As a company devoted to finding the meaning in piles of data…
We thought it would be interesting to try to understand how people feel about the presidential candidates through tweets. In this post, we will go through how we used a simple sentiment analysis to interpret how the Greater Richmond Area felt about the two presidential candidates during the debates on the nights of September 26th, October 9th, and October 19th. Sentiment analysis is the extraction of positive or negative attitudes from a snippet of text. The main goal is not to determine which candidate is more positive or negative, but to observe whether the tweets mentioning that candidate are positive or negative in regards to the attitude of the writer (regardless of whether they support or do not support that candidate).
Preliminary Analysis – Overview of Tweets and Tweeters
In our preliminary analysis, we noticed that Trump was mentioned in roughly twice as many tweets as Clinton, and that the total number of tweets went down for each debate, with the third debate being roughly two thirds the volume of the first. The graphs that follow show a four hour window of the two hour debates with an hour buffer on either side (8 PM to 12 AM, for debates starting at 9 PM). We see that Trump is mentioned in tweets more than Clinton for almost every minute of all three debates.
We can also spot moments of great interest during the debate. Without distinguishing whether these moments were well or ill received, we were able to look at each of these incidents through the tweets and determine what the topic of discussion was. In the first debate, the high traffic point was a discussion mentioning Trump and “stop and frisk”. The second debate’s high point was the opening question to Trump about a video that was released the week before involving “locker room talk” (the candidate used the phrase “locker room banter” but “locker room talk” was the phrase most seen in the tweets). The final debate found a high point of tweets per minute when Trump had a string of comments in short succession involving the phrases “hombres”, “very much better”, and “big league”. These comments were repeated in the tweets along with mention of the candidate. The most tweeted minute of all three debates was the one centered around “locker room talk”. And in addition to “stop and frisk” from the first debate, the only other minute with over 30 tweets came up in the second debate when Martha Raddatz, the moderator, said, “let me repeat the question.” This comment even received laughter from the audience, if you were watching on TV.

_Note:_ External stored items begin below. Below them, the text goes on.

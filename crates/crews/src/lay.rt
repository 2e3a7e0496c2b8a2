// The joined book, laid out in a draft.
ghost use Rattle.std.specs.Prelude.{◌≡◌, [], ◌∷◌, map, ℕ, ◌+◌, ◌-◌, ◌<◌, ◌≤◌, length, Ok};
ghost use Rattle.meaning.specs.Sets.{some};
ghost use Rattle.meaning.specs.Books.{atom_no, rule, same_atom};
ghost use Rattle.meaning.specs.Joined.{up_atom, up_rule, joined};
ghost use Rattle.book.specs.Format.{book_bytes};
ghost use Rattle.book.specs.ReadBook.{the_book};
ghost use Rattle.book.specs.Tables.{atom_table, Below};
ghost use Rattle.book.specs.Making.{Adds, Finished};
ghost use Rattle.crews.specs.Join.{laid_of};

use crate::answer::Unjoined;
use book::{BOOK_BYTES, Making, ReadBook, add_rule, finish_book, wide};
use meaning::{AtomNo, Colouring, RuleNo};

// Writes the part's atoms, moved up, over whatever the table held.
fn move_part(part: &[u8], up: u8, table: &mut [bool; Colouring::ATOMS])
    requires { Below (255 - up) part.now }
    ensures { table.new ≡
        atom_table (λ a. some (λ d. same_atom (up_atom up d) a) (map atom_no part.now)) }
{
    *table = [false; Colouring::ATOMS];
    for a in part {
        table[wide(*a) + wide(up)] = true;
    }
}

// Adds a rule of a good book, its atoms moved up.
fn add_moved(draft: &mut [u8; BOOK_BYTES], m: Making, book: &ReadBook, r: RuleNo, up: u8) -> Making
    requires { (r.0 < book.now.shape.rules) × (up + book.now.shape.atoms ≤ 255) }
    ensures { Adds (up_rule up (rule (the_book book.now) r) ∷ []) m
        draft.old result draft.new }
{
    let mut pos = [false; Colouring::ATOMS];
    let mut neg = [false; Colouring::ATOMS];
    move_part(book.positives(r), up, &mut pos);
    move_part(book.negatives(r), up, &mut neg);
    let a = book.head(r).0;
    add_rule(draft, m, AtomNo(up + a), &pos, &neg)
}

// Adds the rules of a good book, their atoms moved up.
fn add_book(draft: &mut [u8; BOOK_BYTES], m: Making, book: &ReadBook, up: u8) -> Making
    requires { up + book.now.shape.atoms ≤ 255 }
    ensures { Adds (map (up_rule up) (the_book book.now).rules) m
        draft.old result draft.new }
{
    let mut n = m;
    for r in 0..book.shape.rules {
        n = add_moved(draft, n, book, RuleNo(r), up);
    }
    n
}

// Writes the joined book to the front of the draft; its length.
fn join_in(first: &ReadBook, second: &ReadBook, draft: &mut [u8; BOOK_BYTES]) -> usize
    requires { (first.now.shape.atoms + second.now.shape.atoms ≤ 255)
        × (first.now.shape.rules + second.now.shape.rules ≤ 255)
        × (length draft.old ≡ book_bytes) }
    ensures { Finished (joined (the_book first.now) (the_book second.now))
        result draft.new }
{
    let day = add_book(draft, Making::nothing(), first, 0);
    let night = add_book(draft, day, second, first.shape.atoms);
    finish_book(draft, night, first.shape.atoms + second.shape.atoms)
}

// Writes the joined book to the front of the draft, if it is within the limits and the room; its
// length. This comes before either book is searched.
pub fn lay_out(
    first: &ReadBook,
    second: &ReadBook,
    room: usize,
    draft: &mut [u8; BOOK_BYTES],
) -> Result<usize, Unjoined>
    requires { length draft.old ≡ book_bytes }
    ensures { (result ≡
        laid_of (the_book first.now) (the_book second.now) room)
        × ((n : ℕ) → result ≡ Ok n → Finished
        (joined (the_book first.now) (the_book second.now)) n
        draft.new) }
{
    if 255 < wide(first.shape.atoms) + wide(second.shape.atoms) {
        return Err(Unjoined::TooMany);
    }
    if 255 < wide(first.shape.rules) + wide(second.shape.rules) {
        return Err(Unjoined::TooMany);
    }
    let n = join_in(first, second, draft);
    if room < n {
        return Err(Unjoined::NoRoom);
    }
    Ok(n)
}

In order to make sure that the tweets were not coming from one person about one candidate expressing one attitude, we wanted to see how many unique tweeters we had. In other words, we wanted to know how many people were sending the tweets that we were seeing. To observe this, we took a percentage of tweeters per tweets, or number of people over number of tweets they sent (again we did this by candidate for each debate). The observation here is that not only did the number of tweets decrease for each debate, but the number of people sending them also decreased.
Examining tweet sentiment
It’s important to reiterate here that sentiment analysis does not provide us with a tweeter’s opinion of a particular candidate. Rather it strives to reveal the attitude of the writer through the tone of the text.
Our sentiment analysis algorithm divided tweets into positive, negative, or neutral categories; in our analysis, we only examined those that were positive or negative. These followed the trends of the tweets by debate. This can be seen in the numbers of positive and negative tweets below. A trend specific to the sentiment analysis was that in some cases the number of negative tweets was as large as ten times the number of positive tweets. We see that for each candidate and even when both are mentioned negative tweets outweigh the positive ones. Also, for each candidate, the percent of negative tweets decreased for each debate. And when both candidates were mentioned in a tweet, there was higher chance that the tweet was negative than if either of the candidates was mentioned alone.
With the data, we calculated what we call a Running Sentiment Score (RSS) which assesses the net positivity or negativity of the tweets for each minute of each debate by candidate. In other words, if there is a negative tweet mentioning a candidate, then the RSS would drop by 1; likewise, if there is a positive tweet mentioning a candidate, the RSS would go up by 1. This skews the data in the graph below because majority of the political tweets mentioned Trump. However, the RSS does represent the popularity of the debates, decreasing with both candidates. The only adjustment of this trend happens for Trump’s second debate, where that RSS is slightly lower than the more popular first debate for the first 90 minutes. The RSS for both candidates in all three debates decreases as negative tweets mentioning them outweigh the positive tweets.